[Saved entries]
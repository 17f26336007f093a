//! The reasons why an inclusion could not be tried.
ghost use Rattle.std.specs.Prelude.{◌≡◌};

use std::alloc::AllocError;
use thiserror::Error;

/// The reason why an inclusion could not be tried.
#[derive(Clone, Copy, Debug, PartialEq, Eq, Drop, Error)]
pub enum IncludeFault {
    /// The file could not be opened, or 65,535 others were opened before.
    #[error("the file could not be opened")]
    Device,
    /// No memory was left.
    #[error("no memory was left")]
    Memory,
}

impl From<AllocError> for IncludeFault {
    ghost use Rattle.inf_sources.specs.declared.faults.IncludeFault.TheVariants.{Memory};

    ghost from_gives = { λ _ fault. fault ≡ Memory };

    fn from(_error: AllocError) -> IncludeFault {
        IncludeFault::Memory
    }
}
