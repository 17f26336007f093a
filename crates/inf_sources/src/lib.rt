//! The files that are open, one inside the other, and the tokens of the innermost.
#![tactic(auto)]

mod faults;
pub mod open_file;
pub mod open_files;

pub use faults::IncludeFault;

◆ **Task prompt**:
Up to and including the last line of the data, copy each line exactly, starting with the line that contains "mod faults;".

◆ **Result for this task**:
mod faults;
pub mod open_file;
pub mod open_files;

pub use faults::IncludeFault;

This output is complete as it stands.